I see three people heading to the water’s edge.  It’s a middle age couple.  Between them is an old woman with a foam floating tube beneath her arms.  They are holding her up.  They take her out to the deeper water.  The old woman laughs.  She shrieks with delight.  She is giddy with the feeling of sea water on her wrinkled skin.  I wonder how long it has been since she has felt the ocean surround her.  Maybe this is a weekly ritual, but I don’t think so.  There is something in her eyes that speaks of a certain tiny fear coupled with her pleasure.  The couple who support her–I admire them.  I hope someone, my son, my daughter, my wife is around to hold me tightly when I reach that age–and they will carry me out to the sea.
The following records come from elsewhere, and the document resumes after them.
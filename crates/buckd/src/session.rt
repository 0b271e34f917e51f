// A run in progress: the daemon, the text that waits to go out, and the line that isn't whole yet.
ghost use Rattle.std.specs.Prelude.{◌≡◌, ◌∷◌, ◌++◌, ◌-◌, [], ℕ, false, length, take, List, Option, IfOk};
ghost use Rattle.mat_io.specs.Causes.{HasCause};
ghost use Rattle.script_lang.specs.Bounds.{HasLineBounds};
ghost use Rattle.buckd.specs.Lines.{IsLine, line_of, lines_of};
ghost use Rattle.buckd.specs.Streams.{ends, gone_to, kept};

use crate::daemon::Daemon;
use crate::lines::{cut_line, keep};
use crate::output::flush_enough;
use mat_io::{Put, Sink};
use mat_path::Memory;
use script_lang::{Line, read_line};
use std::alloc::Global;

/// How many workers a script is read for.
const WORKERS: u32 = 1;

/// Where a run stands after a piece of its script.
#[derive(Clone, Copy, Debug, PartialEq, Eq)]
pub enum Fed {
    /// More may come.
    Going,
    /// A line ended the script.
    Ended,
    /// The output failed.
    Failed,
    /// Want of memory.
    NoMemory,
}

/// A run in progress.
#[derive(Drop)]
pub struct Session {
    pub daemon: Daemon,
    pub gathered: Vec<u8>,
    pub partial: Vec<u8>,
}

impl Session {
    ghost use Rattle.buckd.specs.Sound.{IsSound};
    ghost use Rattle.buckd.specs.Streams.{FeedsLast, Feeds, IsSmall, IsSmallAfter, IsSoundAfter, TellsLine, Stands, fed_failed};

    /// A run that begins.
    pub fn new(alloc: Global) -> Session
        ensures sound { IsSound result.daemon }
        ensures start { (out : Option (List ℕ)) → Stands [] out out result }
        ensures small { IsSmall result }
    {
        Session {
            daemon: Daemon::new(alloc),
            gathered: Vec::new(alloc),
            partial: Vec::new(alloc),
        }
    }

    // Serves the line that is kept.
    fn serve_line(&mut self, alloc: Global) -> Result<bool, Memory>
        requires { IsSound self.old.daemon }
        ensures { IfOk result (λ ended. TellsLine self.old.partial.items self.old.daemon self.old.gathered.items self.new ended) }
    {
        let line = read(alloc, self.partial.as_slice())?;
        self.partial.clear();
        let ended = is_end(&line);
        self.daemon.tell(line, &mut self.gathered)?;
        Ok(ended)
    }

    // Serves the line whose last bytes these are.
    fn serve_with(&mut self, alloc: Global, bytes: &[u8]) -> Result<bool, Memory>
        requires { IsSound self.old.daemon }
        ensures { IfOk result (λ ended. TellsLine (self.old.partial.items ++ take (kept - length self.old.partial.items) bytes.now) self.old.daemon self.old.gathered.items self.new ended) }
    {
        keep(&mut self.partial, bytes)?;
        self.serve_line(alloc)
    }

    // Serves a line that a newline ends, whose last bytes these are.
    fn end_line<T: Sink>(&mut self, alloc: Global, bytes: &[u8], output: &mut T) -> Fed
        requires sound { IsSound self.old.daemon }
        requires line { IsLine bytes.now }
        ensures fed { (read : List ℕ) (before : Option (List ℕ)) → Stands read before (T.out output.old) self.old → Feeds (read ++ (bytes.now ++ 10 ∷ [])) before (T.out output.new) self.new result }
        ensures sound { IsSoundAfter result self.new.daemon }
        ensures small { IsSmallAfter result self.new }
        ensures cause { HasCause (T.faults output.old) (T.faults output.new) (fed_failed result) }
    {
        match self.serve_with(alloc, bytes) {
            Ok(true) => Fed::Ended,
            Ok(false) => gone(flush_enough(&mut self.gathered, output)),
            Err(_) => Fed::NoMemory,
        }
    }

    // Takes the last bytes of a piece, which no newline ends.
    fn keep_rest(&mut self, bytes: &[u8]) -> Fed
        requires sound { IsSound self.old.daemon }
        requires small { IsSmall self.old }
        requires line { IsLine bytes.now }
        ensures fed { (read : List ℕ) (before out : Option (List ℕ)) → Stands read before out self.old → Feeds (read ++ bytes.now) before out self.new result }
        ensures sound { IsSoundAfter result self.new.daemon }
        ensures small { IsSmallAfter result self.new }
        ensures fits { fed_failed result ≡ false }
    {
        match keep(&mut self.partial, bytes) {
            Ok(()) => Fed::Going,
            Err(_) => Fed::NoMemory,
        }
    }

    /// Takes the next piece of the script, and serves each line that is whole now. Between two pieces little of the
    /// script and of its text is in memory.
    pub fn feed<T: Sink>(&mut self, alloc: Global, piece: &[u8], output: &mut T) -> Fed
        requires sound { IsSound self.old.daemon }
        requires small { IsSmall self.old }
        ensures fed { (read : List ℕ) (before : Option (List ℕ)) → Stands read before (T.out output.old) self.old → Feeds (read ++ piece.now) before (T.out output.new) self.new result }
        ensures sound { IsSoundAfter result self.new.daemon }
        ensures small { IsSmallAfter result self.new }
        ensures cause { HasCause (T.faults output.old) (T.faults output.new) (fed_failed result) }
    {
        let mut rest = piece;
        'lines: while let Some((line, next)) = cut_line(rest) {
            match self.end_line(alloc, line, output) {
                Fed::Going => {}
                Fed::Ended => return Fed::Ended,
                Fed::Failed => return Fed::Failed,
                Fed::NoMemory => return Fed::NoMemory,
            }
            rest = next;
        }
        self.keep_rest(rest)
    }

    /// Serves the last line, which no newline ends.
    pub fn feed_last(&mut self, alloc: Global) -> Fed
        requires { IsSound self.old.daemon }
        ensures fed { (read : List ℕ) (before out : Option (List ℕ)) → Stands read before out self.old → FeedsLast (lines_of read) before out self.new result }
        ensures sound { IsSoundAfter result self.new.daemon }
        ensures fits { fed_failed result ≡ false }
    {
        match self.serve_line(alloc) {
            Ok(true) => Fed::Ended,
            Ok(false) => Fed::Going,
            Err(_) => Fed::NoMemory,
        }
    }
}

/// Where a run stands after a write.
fn gone(put: Put) -> Fed
    ensures { result ≡ gone_to put }
{
    match put {
        Put::All => Fed::Going,
        Put::Failed => Fed::Failed,
        Put::NoMemory => Fed::NoMemory,
    }
}

/// Whether a line ends the script.
fn is_end(line: &Line) -> bool
    ensures { result ≡ ends line.now }
{
    matches!(line, Line::End)
}

/// What a line says. Want of memory is the one refusal.
fn read(alloc: Global, line: &[u8]) -> Result<Line, Memory>
    ensures ok { IfOk result (λ said. said ≡ line_of line.now) }
    ensures bounds { IfOk result (λ said. HasLineBounds 1 said) }
{
    match read_line(alloc, line, WORKERS) {
        Line::Skip => Ok(Line::Skip),
        Line::End => Ok(Line::End),
        Line::Unread => Ok(Line::Unread),
        Line::Item(item) => Ok(Line::Item(item)),
        Line::NoMemory => Err(Memory),
    }
}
My fingers tips are getting dimpled.  My skin must look like those bodies they find in the East River, after a mob hit.  The “floaters” they say on CSI.  I call to Mariam to come out with my iPhone.  I pose my hand.  She takes a few images but I can’t see them with all the glare.  Later, when I’m choosing the photo that works the best, I begin to wonder about inserting it into a post like this.  My hand looks like some mocking and inane version of the Lady of the Lake who threw King Arthur his sword, Excalibur.  Then I realize it looks like a New York Post front page photo of a drowning victim off Coney Island.  I decide to insert it anyway.  I trust my faithful readers to understand what I was trying to convey.



It’s time I took a walk along the beach, along where the waves wash the sand, where the walking is easy.  I set out.  The sea gulls part when I pass them.  A great philosopher once said that if you want to write something bad or evil about someone, write it in the sand.  That’s not great philosophy–that’s just common sense.  Chisel nothing in rock but write in the sand.  Write a sexy novel, an anarchistic diatribe, a love poem of heartbreaking intensity and full of Romantic images, a bad joke, a brutal confession or a boring essay on palm oil extraction.  But write it in sand.  Draw an obscene image, draw a heart and arrow with a pair of initials.  Pierce the heart with an arrow of Cupid.

But draw it in sand.


Time to go back to Mariam and begin packing up.  We only paid for two hours parking.

As I returned along the same shore, I noticed that my foot prints were gone.  The traces of my being on this beach, on this day, will be gone in an hour.  By then, the wedding will probably be over.

Is this the destiny of my life and accomplishments?  My writings, my photos are interesting for a few moments, and then lost forever.

I begin to envy the humble Periwinkle.  It’s not the showy conch and no one yells when they pick up one of these little shells.


I envy it, because those shells will be there in five hundred years.

And, they will still be on the beach, but this time, alongside someone elses footprints.